- Interactive map of Hylands Park
- Type: Public park
- Coordinates: 51°34′15″N 0°12′02″E﻿ / ﻿51.5709°N 0.2005°E
- Area: 4.6 hectares (11 acres)
- Opened: 1 June 1929
- Operator: Havering London Borough Council
- Open: All year

= Hylands Park (London) =

Park in the London Borough of Havering, England

Hylands Park is a public park in the London Borough of Havering in northwest Hornchurch, near to Romford. It is owned and managed by Havering London Borough Council and has Green Flag Award status.

There was a Hylands ward of the London Borough of Havering from 1965 to 2022. The ward was replaced by Hylands and Harrow Lodge.

==History==
The land was purchased in 1920 by the owners of the Oak Public House in Victoria Road, Romford. In 1925 a trotting track was laid out and a race meeting was held.

Hornchurch Urban District Council was established in 1926 and in 1927 they purchased the land, to be laid out as public park. The park was formally opened on Saturday 1 June 1929.

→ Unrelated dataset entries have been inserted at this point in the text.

//! Whether what a statement copies may be copied.
ghost use Rattle.std.specs.Prelude.{◌≡◌, ◌&&◌, map, is_some, option_and_then};
ghost use Rattle.herm_model.specs.Expressions.{paths_among};
ghost use Rattle.herm_meaning.specs.Names.{IsWellNamed};
ghost use Rattle.herm_model.specs.Lists.{list_of};
ghost use Rattle.herm_model.specs.Calls.{parameters_of, raises_of, message_type, led_to, shape_at, call_parameters, call_raises};
ghost use Rattle.herm_model.specs.Statements as model;
ghost use Rattle.herm_naming.specs.Fits.{shape_of, may_be, type_of};
ghost use Rattle.herm_naming.specs.Copies.{may_copy_each, may_copy_rows, copies_form, copies_statement};
ghost use Rattle.herm_types.specs.View.{param_view, raise_decl_view};
ghost use Rattle.herm_typed.specs.View.{typed_path_view, typed_atom_view, typed_form_view};
ghost use Rattle.herm_judge.specs.View.{kind, table_of, variables_of};

use crate::atoms::{are_arguments_copied, are_keys_copied};
use crate::frame::Frame;
use crate::paths::type_of;
use crate::shapes::{may_copy_rows, shape_of};
use crate::sight::expression_seen;
use herm_base::TypeNo;
use herm_typed::{TypedAtom, TypedForm, TypedPath};
use herm_types::{Param, RaiseDecl, Shape, TypeTable};

/// The inport type to which an outport leads.
fn port_of(types: &TypeTable, o: Option<TypeNo>) -> Option<TypeNo>
    ensures port { kind result ≡ option_and_then led_to (shape_of types.now.shapes (kind o)) }
{
    match shape_of(types, o) {
        None => None,
        Some(shape) => match shape {
            Shape::Outport { port } => Some(*port),
            _ => None,
        },
    }
}

/// The type of the messages of an inport.
fn message_of(types: &TypeTable, i: Option<TypeNo>) -> Option<TypeNo>
    ensures message { kind result ≡ option_and_then message_type (shape_of types.now.shapes (kind i)) }
{
    match shape_of(types, i) {
        None => None,
        Some(shape) => match shape {
            Shape::Inport { message, facts: _ } => Some(*message),
            _ => None,
        },
    }
}

/// The parameters of a callmessage, none where the type is another one.
fn parameters_of(types: &TypeTable, m: Option<TypeNo>) -> &[Param]
    ensures parameters { map param_view result.now ≡ list_of parameters_of (shape_of types.now.shapes (kind m)) }
{
    match shape_of(types, m) {
        None => &[],
        Some(shape) => match shape {
            Shape::CallMessage { params, raises: _ } => params.as_slice(),
            _ => &[],
        },
    }
}

/// The parameters of the callmessages that an outport takes.
pub fn call_parameters<'a>(frame: &Frame<'a>, o: &TypedPath) -> &'a [Param]
    ensures parameters { map param_view result.now ≡ call_parameters (table_of frame.now) (variables_of frame.now) (typed_path_view o.now) }
{
    let port = port_of(frame.types, type_of(frame, &o.path));
    let message = message_of(frame.types, port);
    parameters_of(frame.types, message)
}

/// The exceptions of a callmessage, none where the type is another one.
fn raises_of(types: &TypeTable, m: Option<TypeNo>) -> &[RaiseDecl]
    ensures raises { map raise_decl_view result.now ≡ list_of raises_of (shape_of types.now.shapes (kind m)) }
{
    match shape_of(types, m) {
        None => &[],
        Some(shape) => match shape {
            Shape::CallMessage { params: _, raises } => raises.as_slice(),
            _ => &[],
        },
    }
}

/// The exceptions of the callmessages that an outport takes.
pub fn call_raises<'a>(frame: &Frame<'a>, o: &TypedPath) -> &'a [RaiseDecl]
    ensures raises { map raise_decl_view result.now ≡ call_raises (table_of frame.now) (variables_of frame.now) (typed_path_view o.now) }
{
    let port = port_of(frame.types, type_of(frame, &o.path));
    let message = message_of(frame.types, port);
    raises_of(frame.types, message)
}

/// Whether a `new` at a path makes an inport, which can be refused.
pub fn may_be_refused(frame: &Frame, x: &TypedPath) -> bool
    ensures refused { result ≡ is_some (option_and_then message_type (shape_at (table_of frame.now) (variables_of frame.now) (typed_path_view x.now))) }
{
    message_of(frame.types, type_of(frame, &x.path)).is_some()
}

fn get_copies(frame: &Frame, t: &TypedPath, keys: &[TypedAtom]) -> bool
    requires well { IsWellNamed frame.now.types.now }
    ensures copies { result ≡ (may_copy_each (table_of frame.now) (variables_of frame.now) (paths_among (map typed_atom_view keys.now)) && may_be (table_of frame.now) (may_copy_rows (table_of frame.now)) (type_of (table_of frame.now) (variables_of frame.now) (typed_path_view t.now))) }
{
    are_keys_copied(frame, keys) && may_copy_rows(frame.types, type_of(frame, &t.path))
}

fn call_copies(frame: &Frame, o: &TypedPath, arguments: &[TypedAtom]) -> bool
    requires well { IsWellNamed frame.now.types.now }
    ensures copies { result ≡ copies_form (table_of frame.now) (variables_of frame.now) (model.Call (typed_path_view o.now) (map typed_atom_view arguments.now)) }
{
    are_arguments_copied(frame, call_parameters(frame, o), arguments)
}

/// Whether what a statement copies may be copied, apart from the statements within it.
pub fn is_statement_copied(frame: &Frame, form: &TypedForm) -> bool
    requires well { IsWellNamed frame.now.types.now }
    ensures copies { result ≡ copies_statement (table_of frame.now) (variables_of frame.now) (typed_form_view form.now) }
{
    match form {
        TypedForm::Assign(_, e) => expression_seen(frame, e).copies,
        TypedForm::Remove(_, _, keys) => are_keys_copied(frame, keys.as_slice()),
        TypedForm::Get(_, t, keys) => get_copies(frame, t, keys.as_slice()),
        TypedForm::For(_, t, _) => may_copy_rows(frame.types, type_of(frame, &t.path)),
        TypedForm::Call(o, arguments) => call_copies(frame, o, arguments.as_slice()),
        TypedForm::If(e, _, _) => expression_seen(frame, e).copies,
        TypedForm::While(e, _) => expression_seen(frame, e).copies,
        TypedForm::Try(_, _) => true,
        _ => true,
    }
}
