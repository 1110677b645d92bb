//! Whether the types of a statement fit.
ghost use Rattle.std.specs.Prelude.{◌≡◌, ◌&&◌, not, map, slice_get, true};
ghost use Rattle.herm_meaning.specs.Names.{IsWellNamed};
ghost use Rattle.herm_model.specs.Statements as model;
ghost use Rattle.herm_naming.specs.Fits.{is_own, is_seen, fits_form, fits_row, fits_keys, fits_test, fits_statement};
ghost use Rattle.herm_typed.specs.Blocks.{typed_arm_view};
ghost use Rattle.herm_typed.specs.View.{typed_path_view, typed_atom_view, typed_expr_view, typed_form_view};
ghost use Rattle.herm_judge.specs.View.{kind, kinds, table_of, variables_of, ports_of, is_nil};

use crate::arms::{are_arms_fit, has_every_arm, is_arm_fit};
use crate::atoms::{are_atoms_fit, may_have_keys, takes_parameters};
use crate::frame::Frame;
use crate::paths::{is_own, is_seen, type_of};
use crate::shapes::{
    can_be_new, is_callmessage, is_polymorph, may_be_variant, may_equal, may_have_rows, may_hold,
    may_lead, may_raise, may_take,
};
use crate::sight::expression_seen;
use herm_base::{ExcNo, TypeNo};
use herm_typed::{TypedAtom, TypedExpr, TypedForm, TypedPath, TypedStmt};

fn assign_fits(frame: &Frame, x: &TypedPath, e: &TypedExpr) -> bool
    requires well { IsWellNamed frame.now.types.now }
    ensures fits { result ≡ fits_form (table_of frame.now) (variables_of frame.now) (ports_of frame.now) (model.Assign (typed_path_view x.now) (typed_expr_view e.now)) }
{
    let e = expression_seen(frame, e);
    is_own(frame, &x.path) && (e.fits && may_equal(frame.types, type_of(frame, &x.path), e.gives))
}

fn both_own(frame: &Frame, p: &TypedPath, q: &TypedPath) -> bool
    ensures own { result ≡ (is_own (table_of frame.now) (variables_of frame.now) (typed_path_view p.now) && is_own (table_of frame.now) (variables_of frame.now) (typed_path_view q.now)) }
{
    is_own(frame, &p.path) && is_own(frame, &q.path)
}

fn own_and_seen(frame: &Frame, p: &TypedPath, q: &TypedPath) -> bool
    ensures own { result ≡ (is_own (table_of frame.now) (variables_of frame.now) (typed_path_view p.now) && is_seen (table_of frame.now) (variables_of frame.now) (typed_path_view q.now)) }
{
    is_own(frame, &p.path) && is_seen(frame, &q.path)
}

fn move_fits(frame: &Frame, y: &TypedPath, x: &TypedPath) -> bool
    ensures fits { result ≡ fits_form (table_of frame.now) (variables_of frame.now) (ports_of frame.now) (model.Move (typed_path_view y.now) (typed_path_view x.now)) }
{
    both_own(frame, y, x)
        && may_equal(
            frame.types,
            type_of(frame, &y.path),
            type_of(frame, &x.path),
        )
}

fn new_fits(frame: &Frame, x: &TypedPath) -> bool
    ensures fits { result ≡ fits_form (table_of frame.now) (variables_of frame.now) (ports_of frame.now) (model.New (typed_path_view x.now)) }
{
    is_own(frame, &x.path) && can_be_new(frame.types, type_of(frame, &x.path))
}

fn component_fits(frame: &Frame, v: &TypedPath, component: u32, y: &TypedPath) -> bool
    ensures unite { result ≡ fits_form (table_of frame.now) (variables_of frame.now) (ports_of frame.now) (model.Unite (typed_path_view v.now) component (typed_path_view y.now)) }
    ensures dissolve { result ≡ fits_form (table_of frame.now) (variables_of frame.now) (ports_of frame.now) (model.Dissolve (typed_path_view v.now) component (typed_path_view y.now)) }
{
    both_own(frame, v, y)
        && may_hold(
            frame.types,
            type_of(frame, &v.path),
            component,
            type_of(frame, &y.path),
        )
}

fn reveal_fits(frame: &Frame, v: &TypedPath, component: u32) -> bool
    ensures fits { result ≡ fits_form (table_of frame.now) (variables_of frame.now) (ports_of frame.now) (model.Reveal (typed_path_view v.now) component) }
{
    is_seen(frame, &v.path) && may_be_variant(frame.types, type_of(frame, &v.path))
}

fn case_fits(frame: &Frame, v: &TypedPath, arms: &[(u32, Vec<TypedStmt>)]) -> bool
    ensures fits { result ≡ (fits_form (table_of frame.now) (variables_of frame.now) (ports_of frame.now) (model.Case (typed_path_view v.now) (map (λ a. a.0) arms.now)) && not (is_nil arms.now)) }
{
    (is_seen(frame, &v.path) && has_every_arm(frame.types, type_of(frame, &v.path), arms))
        && is_some(arms)
}

fn is_some<T>(list: &[T]) -> bool
    ensures some { result ≡ not (is_nil list.now) }
{
    !list.is_empty()
}

fn wrap_fits(frame: &Frame, y: &TypedPath, p: &TypedPath) -> bool
    ensures fits { result ≡ fits_form (table_of frame.now) (variables_of frame.now) (ports_of frame.now) (model.Wrap (typed_path_view y.now) (typed_path_view p.now)) }
{
    both_own(frame, y, p) && is_polymorph(frame.types, type_of(frame, &p.path))
}

fn unwrap_fits(frame: &Frame, p: &TypedPath, t: TypeNo, y: &TypedPath) -> bool
    ensures fits { result ≡ fits_form (table_of frame.now) (variables_of frame.now) (ports_of frame.now) (model.Unwrap (typed_path_view p.now) t.0 (typed_path_view y.now)) }
{
    both_own(frame, p, y)
        && (is_polymorph(frame.types, type_of(frame, &p.path))
            && may_equal(frame.types, Some(t), type_of(frame, &y.path)))
}

fn row_fits(frame: &Frame, r: &TypedPath, t: &TypedPath) -> bool
    ensures fits { result ≡ fits_row (table_of frame.now) (variables_of frame.now) (typed_path_view r.now) (typed_path_view t.now) }
{
    own_and_seen(frame, r, t)
        && may_have_rows(
            frame.types,
            type_of(frame, &t.path),
            type_of(frame, &r.path),
        )
}

fn keys_fit(frame: &Frame, t: &TypedPath, keys: &[TypedAtom]) -> bool
    ensures fit { result ≡ fits_keys (table_of frame.now) (variables_of frame.now) (typed_path_view t.now) (map typed_atom_view keys.now) }
{
    are_atoms_fit(frame, keys) && may_have_keys(frame, type_of(frame, &t.path), keys)
}

fn connect_fits(frame: &Frame, o: &TypedPath, i: &TypedPath) -> bool
    ensures fits { result ≡ fits_form (table_of frame.now) (variables_of frame.now) (ports_of frame.now) (model.Connect (typed_path_view o.now) (typed_path_view i.now)) }
{
    own_and_seen(frame, o, i)
        && may_lead(
            frame.types,
            type_of(frame, &o.path),
            type_of(frame, &i.path),
        )
}

fn send_fits(frame: &Frame, x: &TypedPath, o: &TypedPath) -> bool
    ensures fits { result ≡ fits_form (table_of frame.now) (variables_of frame.now) (ports_of frame.now) (model.Send (typed_path_view x.now) (typed_path_view o.now)) }
{
    own_and_seen(frame, x, o)
        && may_take(
            frame.types,
            type_of(frame, &o.path),
            type_of(frame, &x.path),
        )
}

fn select_fits(frame: &Frame, arms: &[(TypedPath, TypedPath, Vec<TypedStmt>)]) -> bool
    ensures fits { result ≡ (fits_form (table_of frame.now) (variables_of frame.now) (ports_of frame.now) (model.Select (map typed_arm_view arms.now)) && not (is_nil arms.now)) }
{
    are_arms_fit(frame, arms) && is_some(arms)
}

fn call_fits(frame: &Frame, o: &TypedPath, arguments: &[TypedAtom]) -> bool
    ensures fits { result ≡ fits_form (table_of frame.now) (variables_of frame.now) (ports_of frame.now) (model.Call (typed_path_view o.now) (map typed_atom_view arguments.now)) }
{
    (is_seen(frame, &o.path) && are_atoms_fit(frame, arguments))
        && takes_parameters(frame, type_of(frame, &o.path), arguments)
}

fn return_fits(frame: &Frame, m: &TypedPath) -> bool
    ensures fits { result ≡ fits_form (table_of frame.now) (variables_of frame.now) (ports_of frame.now) (model.Return (typed_path_view m.now)) }
{
    is_own(frame, &m.path) && is_callmessage(frame.types, type_of(frame, &m.path))
}

fn return_by_fits(frame: &Frame, m: &TypedPath, e: ExcNo) -> bool
    ensures fits { result ≡ fits_form (table_of frame.now) (variables_of frame.now) (ports_of frame.now) (model.ReturnBy (typed_path_view m.now) e.0) }
{
    is_own(frame, &m.path) && may_raise(frame.types, type_of(frame, &m.path), e)
}

fn port_type(ports: &[TypeNo], process: u32) -> Option<TypeNo>
    ensures of { kind result ≡ slice_get (kinds ports.now) process }
{
    ports.get(process as usize).copied()
}

fn create_fits(frame: &Frame, o: &TypedPath, process: u32) -> bool
    ensures fits { result ≡ fits_form (table_of frame.now) (variables_of frame.now) (ports_of frame.now) (model.Create (typed_path_view o.now) process) }
{
    is_own(frame, &o.path)
        && may_lead(
            frame.types,
            type_of(frame, &o.path),
            port_type(frame.ports, process),
        )
}

fn test_fits(frame: &Frame, e: &TypedExpr) -> bool
    requires well { IsWellNamed frame.now.types.now }
    ensures fits { result ≡ fits_test (table_of frame.now) (variables_of frame.now) (typed_expr_view e.now) }
{
    let e = expression_seen(frame, e);
    e.fits && may_equal(frame.types, e.gives, Some(TypeNo(0)))
}

fn and_some(fits: bool) -> bool
    ensures some { result ≡ (fits && true) }
{
    fits
}

/// Whether the types of a statement fit, apart from those of the statements within it; it has an arm or a handler at
/// least.
pub fn is_statement_fit(frame: &Frame, form: &TypedForm) -> bool
    requires well { IsWellNamed frame.now.types.now }
    ensures fits { result ≡ fits_statement (table_of frame.now) (variables_of frame.now) (ports_of frame.now) (typed_form_view form.now) }
{
    match form {
        TypedForm::Assign(x, e) => assign_fits(frame, x, e),
        TypedForm::Move(y, x) => move_fits(frame, y, x),
        TypedForm::New(x) => new_fits(frame, x),
        TypedForm::Discard(x) => is_own(frame, &x.path),
        TypedForm::Unite(v, c, y) => component_fits(frame, v, *c, y),
        TypedForm::Dissolve(v, c, y) => component_fits(frame, v, *c, y),
        TypedForm::Reveal(v, c) => reveal_fits(frame, v, *c),
        TypedForm::Case(v, arms) => case_fits(frame, v, arms.as_slice()),
        TypedForm::Wrap(y, p) => wrap_fits(frame, y, p),
        TypedForm::Unwrap(p, t, y) => unwrap_fits(frame, p, *t, y),
        TypedForm::Insert(r, t) => row_fits(frame, r, t),
        TypedForm::Remove(r, t, keys) => {
            row_fits(frame, r, t) && keys_fit(frame, t, keys.as_slice())
        }
        TypedForm::Get(r, t, keys) => {
            row_fits(frame, r, t) && keys_fit(frame, t, keys.as_slice())
        }
        TypedForm::For(r, t, _) => row_fits(frame, r, t),
        TypedForm::Connect(o, i) => connect_fits(frame, o, i),
        TypedForm::Send(x, o) => send_fits(frame, x, o),
        TypedForm::Receive(x, i) => is_arm_fit(frame, x, i),
        TypedForm::Select(arms) => select_fits(frame, arms.as_slice()),
        TypedForm::Call(o, arguments) => call_fits(frame, o, arguments.as_slice()),
        TypedForm::Return(m) => return_fits(frame, m),
        TypedForm::ReturnBy(m, e) => return_by_fits(frame, m, *e),
        TypedForm::Create(o, n) => create_fits(frame, o, *n),
        TypedForm::If(e, _, _) => and_some(test_fits(frame, e)),
        TypedForm::While(e, _) => test_fits(frame, e),
        TypedForm::Raise(_) => true,
        TypedForm::Leave => true,
        TypedForm::Try(_, handled) => is_some(handled.as_slice()),
    }
}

In October 1940 a Spitfire piloted by John McAdam from RAF Hornchurch narrowly avoided crashing in the crowded park, by crash landing in a gap between two houses.

==Features==
The former trotting track has been converted to a large oval path, which encircles cricket and football pitches. The entrance to Osborne Road features stone and wrought iron gates that were transferred from nearby Grey Towers, that was demolished in 1931. There is a rose garden.

==Management==
The park is owned and managed by Havering London Borough Council and has Green Flag Award status.